Step 1: Get partner credentials from your org admin
Production partners do not enable AMQP themselves. Ask your org admin to mint a key for your integration via the Connect partner wizard:
- Sign in to
https://voke.lovinka.comand pick the right organisation in the org switcher. - Open Organization settings → Connections (
/orgs/<orgId>/settings/connections?tab=api-keys). - Click Connect partner and walk through the three-step wizard. Each step has its own URL so you can deep-link or refresh without losing progress; state is held in
sessionStorageand cleared automatically on successful Generate or Cancel:- Use case —
/orgs/<orgId>/settings/connections/connect-partner— pick the preset that matches your integration (Trading platform partner, Telemetry consumer (read-only), HTTP read-only, Internal tool, or Custom). - Permissions —
.../connect-partner/permissions— review the preselectedApiKeyScopeset; tighten it if needed. - Network —
.../connect-partner/network— optionally pin the key to a CIDR allowlist, fill in the human-readable name + partner ID, and click Generate. Voke runs a server-side broker self-test before redirecting to the API key detail page where the one-time reveal banner appears.
- Use case —
- Hand the partner the bundle from the reveal banner: the AMQPS URI, the raw API key, and (when
vcp:write:*scope is present) the HMAC signing key. Click I've saved these to dismiss; refreshing the detail page after that will not re-show the secrets. Code samples on the Quickstart tab of the same page are pre-filled with the org slug — copy them as a starting point.

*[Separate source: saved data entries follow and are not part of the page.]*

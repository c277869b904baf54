//! Lookups of a queue's entries, and the index that they are prepared by.

ghost use Rattle.std.specs.Prelude.{◌≡◌, ◌≤◌, ◌-◌, OnOk, length, drop, option_map};
ghost use Rattle.std.specs.Option.{option_copied};
ghost use Rattle.addr4.specs.Places.{key_of};
ghost use Rattle.fanout_queue.specs.Entries.{changes_of, first_before, IsNextBeside};

use crate::entries::{Entries, Entry};
use crate::index;
use addr4::{Family, Memory, Place, Prefix, Row};
use link_change::Change;
use std::collections::VecDeque;

// The first change at a prefix, of those from an index on.
fn first_among<R, F: Family>(
    kept: &VecDeque<Entry<R, Prefix<F>>>,
    from: usize,
    prefix: Prefix<F>,
) -> Option<&Change<R, Prefix<F>>>
    ensures { option_map (λ change. change.before) (option_copied result) ≡ first_before prefix (drop from (changes_of kept.now.items)) }
{
    let mut at = from;
    'entries: while at < kept.len() {
        let entry = &kept[at];
        if entry.change.prefix == prefix {
            return Some(&entry.change);
        }
        at += 1;
    }
    None
}

// The least of another prefix and of those of the changes from an index on that lie beyond a place.
fn least_among<R, F: Family>(
    kept: &VecDeque<Entry<R, Prefix<F>>>,
    from: usize,
    after: &Place<Prefix<F>>,
    other: Option<Prefix<F>>,
) -> Option<Prefix<F>>
    requires { from ≤ length kept.now.items }
    ensures { IsNextBeside (drop from (changes_of kept.now.items)) (key_of after.now) other result }
{
    let mut least = other;
    let mut at = kept.len();
    'entries: while at > from {
        at -= 1;
        least = index::lesser(after, kept[at].change.prefix, least);
    }
    least
}

impl<R: Row, F: Family> Entries<R, F> {
    ghost use Rattle.fanout_queue.specs.Entries.{IsPlace, unread_at, unindexed, Indexes};

    /// Drops the index, where the last change that it has was dropped.
    pub(crate) fn trim_index(&mut self)
        ensures { self.new ≡ self.old }
    {
        if self.indexed == self.first {
            self.index.clear();
        }
    }

    // The index begins anew, where more than half of what it has is kept no more.
    fn renew_index(&mut self)
        ensures { Indexes self.old self.new }
    {
        let current = self.indexed.saturating_sub(self.first);
        if self.index.len() as u64 / 2 > current {
            self.index.clear();
            self.indexed = self.first;
        }
    }

    // The index gets the first change that is kept and that it doesn't have, if there is one.
    fn index_next(&mut self) -> Result<(), Memory>
        ensures same { Indexes self.old self.new }
        ensures ok { OnOk result (unindexed self.new ≡ unindexed self.old - 1) }
    {
        let number = self.indexed.max(self.first);
        if number == self.end() {
            return Ok(());
        }
        let prefix = self.kept[(number - self.first) as usize].change.prefix;
        index::put_key(&mut self.index, prefix, number)?;
        self.indexed = number + 1;
        Ok(())
    }

    /// The index gets all changes that are kept. For want of memory it gets only some of them.
    pub(crate) fn prepare(&mut self) -> Result<(), Memory>
        ensures same { Indexes self.old self.new }
        ensures full { OnOk result (unindexed self.new ≡ 0) }
    {
        self.renew_index();
        for number in self.indexed.max(self.first)..self.end() {
            self.index_next()?;
        }
        Ok(())
    }

    /// The first change at a prefix, from a place on.
    pub(crate) fn first_at(&self, place: u64, prefix: Prefix<F>) -> Option<&Change<R, Prefix<F>>>
        requires { IsPlace self.now place }
        ensures { option_map (λ change. change.before) (option_copied result) ≡ first_before prefix (unread_at self.now place) }
    {
        match index::first_number(&self.index, prefix, place) {
            Some(number) => Some(&self.kept[(number - self.first) as usize].change),
            None => {
                let from = (place.max(self.indexed) - self.first) as usize;
                first_among(&self.kept, from, prefix)
            }
        }
    }

    /// The least prefix beyond a place that others have, or that has a change from a reader's place on. This is the least that
    /// others have.
    pub(crate) fn next_beside(
        &self,
        place: u64,
        after: &Place<Prefix<F>>,
        other: Option<Prefix<F>>,
    ) -> Option<Prefix<F>>
        requires { IsPlace self.now place }
        ensures { IsNextBeside (unread_at self.now place) (key_of after.now) other result }
    {
        let from = (place.max(self.indexed) - self.first) as usize;
        let least = least_among(&self.kept, from, after, other);
        if self.indexed <= place {
            return least;
        }
        match index::first_stop(&self.index, place, after, &least) {
            None => least,
            Some(key) => {
                if index::is_reached(&least, key.0) {
                    least
                } else {
                    Some(key.0)
                }
            }
        }
    }
}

The bundle is shown exactly once. Save the AMQPS URI, raw key, and signing key into a secret manager before clicking I've saved these on the reveal screen. There is no recovery — if any value is lost, rotate the key (mint a new one, revoke the old one). See API keys & auth for the rotation pattern.

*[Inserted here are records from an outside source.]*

ghost use Rattle.std.specs.Prelude.{◌≡◌, ◌<◌, ◌≤◌, ◌++◌, ◌∷◌, [], length, IfOk, IsErr, IsNone, IsTrue, MatchResult, ◌↔◌, replicate};
ghost use Rattle.std.specs.Option.{option_to_list};
ghost use Rattle.bq_host.specs.LastParts.{last_part};

use bq_job::{Answer, NoMemory};
use std::alloc::Global;
use std::collections::VecDeque;
use std::marker::Model;

/// The number of answers that the mail of a seat has room for.
const MAIL_ROOM: usize = 4;

/// The answers that were given to a seat and that it has not taken yet, oldest first.
#[derive(Drop)]
pub struct Mail {
    answers: VecDeque<Answer, Global>,
}

impl Model for Mail {
    ghost use Rattle.std.specs.Prelude.{List, ◌≤◌, length};
    ghost use Rattle.std.specs.VecDeque.{deque_capacity};
    ghost use Rattle.bq_job.specs.declared.answer.Answer.{Answer};

    ghost Value = { List Answer };

    ghost view = { λ m. m.answers.items };

    ghost invariant = { λ m. (length m.answers.items ≤ 4) × (4 ≤ deque_capacity m.answers) };
}

impl Mail {
    /// Returns an empty mail. All of its memory is allocated here.
    pub fn new(alloc: Global) -> Result<Mail, NoMemory>
        ensures { IfOk result (λ mail. mail ≡ []) }
    {
        match VecDeque::with_capacity(alloc, MAIL_ROOM) {
            Ok(answers) => Ok(Mail { answers }),
            Err(_) => Err(NoMemory),
        }
    }

    /// Returns true if there is no answer.
    pub fn is_empty(&self) -> bool
        ensures { IsTrue result ↔ (self.now ≡ []) }
    {
        self.answers.is_empty()
    }

    /// Removes and returns the oldest answer.
    pub fn take_first(&mut self) -> Option<Answer>
        ensures oldest { self.old ≡ option_to_list result ++ self.new }
        ensures empty { IsNone result ↔ (self.old ≡ []) }
    {
        self.answers.pop_front()
    }

    /// Appends an answer, or returns it if there is no room.
    pub fn put(&mut self, answer: Answer) -> Result<(), Answer>
        ensures put { MatchResult result (λ done. self.new ≡ self.old ++ answer ∷ [])
            (λ back. (back ≡ answer) × (self.new ≡ self.old)) }
        ensures full { IsErr result ↔ (4 ≤ length self.old) }
    {
        if self.answers.len() >= MAIL_ROOM {
            return Err(answer);
        }
        self.answers.push_back(answer).unwrap();
        Ok(())
    }

    /// Appends an answer. If there is no room, the oldest answer is dropped.
    pub fn put_newest(&mut self, answer: Answer)
        ensures { self.new ≡ last_part 4 (self.old ++ answer ∷ []) }
    {
        if self.answers.len() == MAIL_ROOM {
            drop(self.take_first());
        }
        self.answers.push_back(answer).unwrap();
    }
}

/// Returns a mail for each seat. All of their memory is allocated here.
pub fn new_mails(alloc: Global, seats: u16) -> Result<Vec<Mail, Global>, NoMemory>
    ensures { IfOk result (λ mails. mails.items ≡ replicate seats []) }
{
    let Ok(mut mails) = Vec::with_capacity(alloc, usize::from(seats)) else {
        return Err(NoMemory);
    };
    for _ in 0..seats {
        let Ok(mail) = Mail::new(alloc) else {
            return Err(NoMemory);
        };
        mails.push_reserved(mail);
    }
    Ok(mails)
}
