//! The seats of a run.
ghost use Rattle.std.specs.Prelude.{◌≡◌, IfOk, IsTrue, vec_len};
ghost use Rattle.std.specs.List.{All};
ghost use Rattle.bq_core_api.specs.Limits.{is_body_size};
ghost use Rattle.bq_line.specs.Tending.{IsNewSeat};

use bq_job::NoMemory;
use bq_line::attendant::Attendant;
use bq_line::line::Line;
use std::alloc::Global;

/// Returns new seats. All memory but that for bodies is allocated here.
pub fn new_seats<L: Line + Drop>(
    alloc: Global,
    seats: u16,
    max_job_size: u32,
) -> Result<Vec<Attendant<L>, Global>, NoMemory>
    requires { IsTrue (is_body_size max_job_size) }
    ensures many { IfOk result (λ all. vec_len all ≡ seats) }
    ensures new { IfOk result (λ all. All (IsNewSeat max_job_size) all.items) }
{
    let Ok(mut all) = Vec::with_capacity(alloc, usize::from(seats)) else {
        return Err(NoMemory);
    };
    for _ in 0..seats {
        let Ok(seat) = Attendant::new(alloc, max_job_size) else {
            return Err(NoMemory);
        };
        all.push_reserved(seat);
    }
    Ok(all)
}
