//! The start of threads that begin together or not at all.

use std::sync::{Condvar, Mutex, Wait};

/// The signal that the started threads wait for.
#[derive(Clone, Copy)]
enum Signal {
    /// It is not known yet whether all threads could be started.
    Pending,
    /// All threads were started.
    Begin,
    /// A thread could not be started, so none begins.
    End,
}

/// Where threads wait until it is known whether all of them were started.
#[derive(Drop)]
pub struct Start {
    signal: Mutex<Signal>,
    changed: Condvar,
}

impl Start {
    /// Returns a start whose signal was not given yet.
    pub fn new() -> Start {
        Start {
            signal: Mutex::new(Signal::Pending),
            changed: Condvar::new(),
        }
    }

    /// Signals to the threads whether all of them were started.
    pub fn tell<R: Wait>(&self, rt: &R, all_started: bool) {
        *self.signal.lock(rt) = if all_started {
            Signal::Begin
        } else {
            Signal::End
        };
        self.changed.notify_all();
    }

    /// Waits for the signal, and returns true if all were started.
    pub fn wait<R: Wait>(&self, rt: &R) -> bool {
        let signal = self.changed.wait_while(rt, self.signal.lock(rt), |signal| {
            matches!(*signal, Signal::Pending)
        });
        matches!(*signal, Signal::Begin)
    }
}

The Quickstart tab on /orgs/<orgId>/settings/connections?tab=quickstart is the source of
truth for ready-to-paste Node, Python, and curl snippets — they are server-assembled with the
org's real slug and a <your-key> placeholder. The samples below mirror that output with extra
inline commentary. See Organization settings routes
for the complete admin route map.
Step 2: Set up your integrator project
Create a fresh Node project and install the AMQP client library:
mkdir voke-esm-quickstart && cd voke-esm-quickstart
bun init
bun add amqplib
bun add -d @types/amqplib tsx typescriptStep 3: Add the connection helper
Create amqp-connect.ts. The simplest path is to pass the AMQPS URI straight from the reveal screen — it already encodes the org slug as the AMQP username, the raw key as the password, and the per-key vhost (partner-{keyId}) as the path:
// amqp-connect.ts
// Connect to Voke's RabbitMQ using the AMQPS URI from the Connect partner wizard.
// The URI shape is:
// amqps://{org-slug}:{url-encoded-key}@mqtt.voke.lovinka.com:5671/partner-{keyId}
import * as amqp from 'amqplib';
export interface VokeAmqpCreds {
/**
* The full AMQPS URI from the Connections reveal screen.
* Contains org slug (username), raw API key (password), host, port, and
* per-key vhost (`partner-{keyId}`) — no manual assembly required.
*/
amqpsUri: string;
/** Your organization slug — used for queue/routing-key prefixes only. */
orgSlug: string;
}
export async function connectVoke(creds: VokeAmqpCreds) {
const conn = await amqp.connect(creds.amqpsUri);
const ch = await conn.createChannel();
const prefix = `vcp.${creds.orgSlug}`;
// Queues are asserted (and bound to the `vcp` exchange) by Voke when
// trading is enabled for your org. checkQueue verifies they exist before
// any publish or consume.
const inbound = {
commands: `${prefix}.command`,
config: `${prefix}.config`,
schedule: `${prefix}.schedule`,
};
const outbound = {
telemetry: `${prefix}.event.telemetry`,
status: `${prefix}.event.status`,
alarm: `${prefix}.event.alarm`,
execution: `${prefix}.event.execution`,
};
for (const q of [...Object.values(inbound), ...Object.values(outbound)]) {
await ch.checkQueue(q);
}
return { conn, ch, exchange: 'vcp', prefix, inbound, outbound };
}Step 4: Verify the connection
Create run-connect.ts and run it to confirm that AMQP authentication works and all queues exist:
// run-connect.ts
import { connectVoke } from './amqp-connect';
(async () => {
const { conn, inbound, outbound } = await connectVoke({
// Paste the AMQPS URI from the Connections reveal screen.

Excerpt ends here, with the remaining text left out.